Responses of auditory nerve fibers innervating regenerated hair cells after local application of gentamicin at the round window of the cochlea in the pigeon.

Hair cells in the basilar papilla of birds have the capacity to regenerate after injury. There is also functional recovery of hearing after regeneration of the hair cells. The present study was undertaken to determine the effect of local aminoglycoside application on the physiology of auditory nerve fibers innervating regenerated hair cells. Collagen sponges loaded with gentamicin were placed at the round window of the cochlea in adult pigeons. The local application of gentamicin-loaded collagen sponges resulted in total hair cell loss over at least the basal 62% of the basilar papilla. According to the pigeon cochlear place-frequency map (Smolders, Ding-Pfennigdorff and Klinke, Hear. Res. 92 (1995) 151-169), frequencies above 0.3 kHz are represented in this area. Physiological data on single auditory nerve fibers were obtained 14 weeks after gentamicin treatment. The response properties showed the following characteristics when compared to control data: CF thresholds (CF = characteristic frequency) were elevated in units with CF above 0.15 kHz, sharpness of tuning (Q10dB) was reduced in units with CF above 0.38 kHz, low-frequency slopes of the tuning curves were reduced in units with CF above 0.25 kHz, high frequency slopes of the tuning curves were reduced in units with CF above 0.4 kHz, spontaneous firing rate was reduced in units with CF above 0.38 kHz, dynamic range of rate-intensity functions at CF was reduced in units with CF above 0.4 kHz and the slopes of these rate-intensity functions were elevated in units with CF above 0.4 kHz. Maximum discharge rate was the only parameter that remained unchanged in regenerated ears. The results show that the response properties of auditory nerve fibers which innervate areas of the papilla that were previously devoid of hair cells are poorer than the controls, but that action potential generation in the afferent fibers is unaffected. This suggests that despite structural regeneration of the basilar papilla, functional recovery of the auditory periphery is incomplete at the level of the hair cell or the hair cell-afferent synapse.

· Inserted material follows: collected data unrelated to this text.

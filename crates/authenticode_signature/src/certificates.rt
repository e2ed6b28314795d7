//! The issuers of a signer's certificate, among the certificates of a caller.

ghost use Rattle.std.specs.Prelude.{◌≡◌, ◌∷◌, [], MatchOption};
ghost use Rattle.std.specs.Iterator.{YieldsFirstRef, item_count};
ghost use Rattle.der_core.specs.Encoding.{encoding};
ghost use Rattle.authenticode_signature.specs.Walk.{IsWalkOf, items_left, walked};

use der_core::is_same;
use x509_core::Cert;

/// The certificates of the issuer walk of a signer's certificate: the first whose subject is that
/// of the signer's, then each next later one whose subject is the issuer of the one before (RFC
/// 5280 6.1). The list is traversed once, and nothing is allocated.
#[derive(Drop)]
pub struct SignatureCertificatesIterator<'i> {
    subject: &'i [u8],
    rest: &'i [Cert],
}

impl<'i> SignatureCertificatesIterator<'i> {
    /// The walk of the signer's certificate among the certificates.
    pub fn new(signer: &'i Cert, certificates: &'i [Cert]) -> SignatureCertificatesIterator<'i>
        ensures { IsWalkOf signer.now certificates.now (items_left result) }
    {
        SignatureCertificatesIterator {
            subject: signer.view().subject(),
            rest: certificates,
        }
    }
}

impl<'i> Iterator for SignatureCertificatesIterator<'i> {
    type Item = &'i Cert;

    ghost next_gives = { YieldsFirstRef items_left };

    ghost remaining = { item_count items_left };

    fn next(&mut self) -> Option<&'i Cert> {
        let (found, behind) = first_of(self.rest, self.subject)?;
        self.subject = found.view().issuer();
        self.rest = behind;
        Some(found)
    }
}

/// The first certificate with the subject, given by its octets, and those after it.
fn first_of<'i>(certificates: &'i [Cert], subject: &[u8]) -> Option<(&'i Cert, &'i [Cert])>
    ensures { MatchOption result (walked subject.now certificates.now ≡ [])
        (λ found. walked subject.now certificates.now
        ≡ found.0.now ∷ walked (encoding found.0.now.elements.tbs.issuer) found.1.now) }
{
    let mut rest = certificates;
    while let Some((certificate, behind)) = rest.split_first() {
        if is_same(certificate.view().subject(), subject) {
            return Some((certificate, behind));
        }
        rest = behind;
    }
    None
}
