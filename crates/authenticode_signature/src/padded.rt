//! Signed data in a WIN_CERTIFICATE, with zeros after it.

ghost use Rattle.std.specs.Prelude.{◌≡◌, Err, MatchResult};
ghost use Rattle.der_core.specs.Encoding.{IsPaddedEncoding};
ghost use Rattle.der_core.specs.declared.error.DerError.{DerError};
ghost use Rattle.cms_types.specs.Pkcs7.{pkcs7};
ghost use Rattle.authenticode_core.specs.Basic.{IsNoSignedData};
ghost use Rattle.authenticode_signature.specs.Unread.{RefusesPadded};

use authenticode_core::padded_element;
use cms_types::{Pkcs7Certificate, SignedView};
use der_core::{DerError, Structure};
use std::alloc::Global;

/// Reads signed data with at most seven zeros after it. The octets are tested before anything is
/// allocated.
pub(crate) fn read_padded(alloc: Global, octets: &[u8]) -> Result<Pkcs7Certificate, DerError>
    ensures answer { MatchResult result
        (λ value. IsPaddedEncoding octets.now (pkcs7 value))
        (RefusesPadded octets.now) }
    ensures refused { (source : DerError) → IsNoSignedData octets.now source → result ≡ Err source }
{
    let elem = padded_element(octets)?;
    let Some(_view) = SignedView::read(elem) else {
        return Err(DerError::Shape);
    };
    Pkcs7Certificate::read_at(alloc, elem)
}
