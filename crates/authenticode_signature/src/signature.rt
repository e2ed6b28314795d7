//! Owned Authenticode signatures.

ghost use Rattle.std.specs.Prelude.{◌≡◌, ◌≢◌, ◌∷◌, [], ℕ, IfOk, Err, MatchResult};
ghost use Rattle.std.specs.Option.{option_copied, option_map};
ghost use Rattle.der_core.specs.DerElement.{DerElement};
ghost use Rattle.der_core.specs.Encoding.{encoding, IsDer, IsPaddedEncoding};
ghost use Rattle.der_core.specs.Reading.{IsExactFault};
ghost use Rattle.der_core.specs.Refusals.{RefusesInner, RefusesOctets};
ghost use Rattle.der_core.specs.Structure.{IsWithin};
ghost use Rattle.der_core.specs.declared.error.DerError.{DerError};
ghost use Rattle.der_core.specs.declared.error.DerError.TheVariants as der_errors;
ghost use Rattle.der_core.specs.declared.fault.DerFault.{DerFault};
ghost use Rattle.cms_types.specs.Pkcs7.{pkcs7};
ghost use Rattle.cms_types.specs.declared.signed_data.pkcs7.Pkcs7Certificate.{Pkcs7Certificate};
ghost use Rattle.authenticode_signature.specs.Pkcs7.{IsPkcs7Of, signer_infos_of, written};
ghost use Rattle.authenticode_signature.specs.Refusals.{IsUnreadPkcs7, IsUnwrittenPkcs7, WrapsSignedData, of_signed_data, unread};
ghost use Rattle.authenticode_signature.specs.SignedFields.{file_hash_in, signed_attributes_in, unsigned_attributes_in};
ghost use Rattle.authenticode_signature.specs.SigningCertificate.{HasNoSigningCertificate, IsNamedOtherwise, IsSigningCertificate};
ghost use Rattle.authenticode_core.specs.Basic.{IsNoSignedData};
ghost use Rattle.authenticode_core.specs.declared.error.AuthenticodeError.{AuthenticodeError};
ghost use Rattle.authenticode_signature.specs.Unread.{RefusesPadded};

use crate::padded::read_padded;
use crate::pkcs7::Pkcs7;
use crate::refusing::{of_signature, unread};
use crate::signing_certificate::signing_certificate_of;
use authenticode_core::AuthenticodeError;
use cms_types::{ContentValue, UnsignedAttribute};
use std::alloc::{AllocError, Global};
use wincert_core::WinCertificate;
use x509_core::Cert;
use x509_types::Attribute;

/// The owned signature of a signed program (Windows Authenticode Portable Executable Signature
/// Format): signed data whose content is indirect data. Neither its form nor its validity is
/// checked when it is read.
#[derive(Debug, Drop)]
pub struct AuthenticodeSignature(pub Pkcs7);

impl AuthenticodeSignature {
    /// Reads a signature from exactly its octets (Windows Authenticode Portable Executable
    /// Signature Format). Octets that are no element, or another structure, are refused as
    /// `Asn1Deserialization`, even when memory runs out.
    pub fn from_der(alloc: Global, der: &[u8]) -> Result<AuthenticodeSignature, AuthenticodeError>
        ensures answer { MatchResult result
            (λ s. IsWithin IsPkcs7Of der.now s.0.signed)
            (WrapsSignedData (IsUnreadPkcs7 (RefusesOctets IsPkcs7Of der.now))) }
        // Octets with a fault are refused with it, even when memory runs out.
        ensures faulty { (at : ℕ) (fault : DerFault) → IsExactFault der.now at fault
            → result ≡ Err
            (of_signed_data (unread (der_errors.Malformed (record { at = at; fault = fault })))) }
        // An element that is no signed data is refused as such, even when memory runs out.
        ensures shapeless { (element : DerElement) → IsDer element → der.now ≡ encoding element
            → ((value : Pkcs7Certificate) → element ≢ pkcs7 value)
            → result ≡ Err (of_signed_data (unread der_errors.Shape)) }
    {
        match Pkcs7::from_der(alloc, der) {
            Ok(signed) => Ok(AuthenticodeSignature(signed)),
            Err(error) => Err(of_signature(error)),
        }
    }

    /// The encoding. `Asn1Serialization` exactly where `der_core::write` refuses its element.
    pub fn to_der(&self, alloc: Global) -> Result<Vec<u8>, AuthenticodeError>
        ensures { MatchResult result
            (λ octets. (octets.items ≡ encoding (written self.now.0)) × IsDer (written self.now.0))
            (WrapsSignedData (IsUnwrittenPkcs7 (RefusesInner (written self.now.0 ∷ [])))) }
    {
        match self.0.to_der(alloc) {
            Ok(octets) => Ok(octets),
            Err(error) => Err(of_signature(error)),
        }
    }

    /// The signature in a WIN_CERTIFICATE: its certificate is signed data with at most seven zeros
    /// after it. Other octets are refused as `Asn1Deserialization`, even when memory runs out.
    pub fn from_wincert(
        alloc: Global,
        cert: &WinCertificate,
    ) -> Result<AuthenticodeSignature, AuthenticodeError>
        ensures answer { MatchResult result
            (λ s. IsPaddedEncoding cert.now.certificate (written s.0))
            (WrapsSignedData (IsUnreadPkcs7 (RefusesPadded cert.now.certificate))) }
        // Octets that are no signed data are refused as such, even when memory runs out.
        ensures refused { (source : DerError) → IsNoSignedData cert.now.certificate source
            → result ≡ Err (of_signed_data (unread source)) }
    {
        match read_padded(alloc, cert.get_certificate()) {
            Ok(signed) => Ok(AuthenticodeSignature(Pkcs7::from(signed))),
            Err(source) => Err(of_signature(unread(source))),
        }
    }

    /// The signer's certificate: the first of the certificates with the issuer and the serial
    /// number of the first signer.
    pub fn signing_certificate<'a>(
        &self,
        alloc: Global,
        certificates: &'a [Cert],
    ) -> Result<&'a Cert, AuthenticodeError>
        ensures found { MatchResult result
            (λ c. IsSigningCertificate (signer_infos_of self.now.0) certificates.now c.now)
            (HasNoSigningCertificate (signer_infos_of self.now.0) certificates.now) }
        // A missing signer, and one that is identified by a key identifier, is reported, even when
        // memory runs out.
        ensures refused { (e : AuthenticodeError) → IsNamedOtherwise (signer_infos_of self.now.0) e
            → result ≡ Err e }
    {
        signing_certificate_of(alloc, self.0.signer_infos(), certificates)
    }

    /// The digest of the file, if the content is indirect data.
    pub fn file_hash(&self, alloc: Global) -> Result<Option<Vec<u8>>, AllocError>
        ensures { IfOk result (λ hash. option_map (λ octets. octets.items) hash
            ≡ file_hash_in self.now.0.signed.signed_data.content_info.content) }
    {
        match &self.0.encapsulated_content_info().content {
            Some(ContentValue::SpcIndirectDataContent(content)) => {
                let digest = content.message_digest.digest.as_slice();
                Ok(Some(Vec::from_slice(alloc, digest)?))
            }
            _ => Ok(None),
        }
    }

    /// The signed attributes of the first signer, an empty list if its field is absent; None only
    /// without a signer.
    pub fn authenticated_attributes(&self) -> Option<&[Attribute]>
        ensures { option_copied result ≡ signed_attributes_in (signer_infos_of self.now.0) }
    {
        match self.0.signer_infos().first() {
            Some(signer) => match &signer.signed_attrs {
                Some(attributes) => Some(attributes.list().as_slice()),
                None => Some(&[]),
            },
            None => None,
        }
    }

    /// The unsigned attributes of the first signer, an empty list if its field is absent; None only
    /// without a signer.
    pub fn unauthenticated_attributes(&self) -> Option<&[UnsignedAttribute]>
        ensures { option_copied result ≡ unsigned_attributes_in (signer_infos_of self.now.0) }
    {
        match self.0.signer_infos().first() {
            Some(signer) => match &signer.unsigned_attrs {
                Some(attributes) => Some(attributes.as_slice()),
                None => Some(&[]),
            },
            None => None,
        }
    }

    /// A copy of the signature.
    pub fn try_clone(&self, alloc: Global) -> Result<AuthenticodeSignature, AllocError>
        ensures { IfOk result (λ copy. copy ≡ self.now) }
    {
        Ok(AuthenticodeSignature(self.0.try_clone(alloc)?))
    }
}

impl From<Pkcs7> for AuthenticodeSignature {
    ghost from_gives = { λ signed s. s.0 ≡ signed };

    fn from(signed: Pkcs7) -> AuthenticodeSignature {
        AuthenticodeSignature(signed)
    }
}

impl From<AuthenticodeSignature> for Pkcs7 {
    ghost from_gives = { λ s signed. signed ≡ s.0 };

    fn from(s: AuthenticodeSignature) -> Pkcs7 {
        let AuthenticodeSignature(signed) = s;
        signed
    }
}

Hair cell regeneration after local application of gentamicin at the round window of the cochlea in the pigeon.

Hair cells in the basilar papilla of birds have the capacity to regenerate after injury. Methods commonly used to induce cochlear damage are systemic application of ototoxic substances such as aminoglycoside antibiotics or loud sound. Both methods have disadvantages. The systemic application of antibiotics results in damage restricted to the basal 50% of the papilla and has severe side effects on the kidneys. Loud sound damages only small parts of the papilla and is restricted to the short hair cells. The present study was undertaken to determine the effect of local aminoglycoside application on the physiology and morphology of the avian basilar papilla. Collagen sponges loaded with gentamicin were placed at the round window of the cochlea in adult pigeons. The time course of hearing thresholds was determined from auditory brain stem responses elicited with pure tone bursts within a frequency range of 0.35-5.565 kHz. The condition of the basilar papilla was determined from scanning electron micrographs. Five days after application of the collagen sponges loaded with gentamicin severe hearing loss, except for the lowest frequency tested, was observed. Only at the apical 20% of the basilar papilla hair cells were left intact, all other hair cells were missing or damaged. At all frequencies there was little functional recovery until day 13 after implantation. At frequencies above 1 kHz functional recovery occurred at a rate of up to 4 dB/day until day 21, beyond that day recovery continued at a rate below 1 dB/day until day 48 at the 5.6 kHz. Below 1 kHz recovery occurred up to day 22, the recovery rate was below 2 dB/day. A residual hearing loss of about 15-25 dB remained at all frequencies, except for the lowest frequency tested. At day 20 new hair cells were seen on the basilar papilla. At day 48 the hair cells appeared to have recovered fully, except for the orientation of the hair cell bundles. The advantage of the local application of the aminoglycoside drug over systemic application is that it damages almost all hair cells in the basilar papilla and it has no toxic side effects. The damage is more extensive than with systemic application.

Hair cell loss and regeneration after severe acoustic overstimulation in the adult pigeon.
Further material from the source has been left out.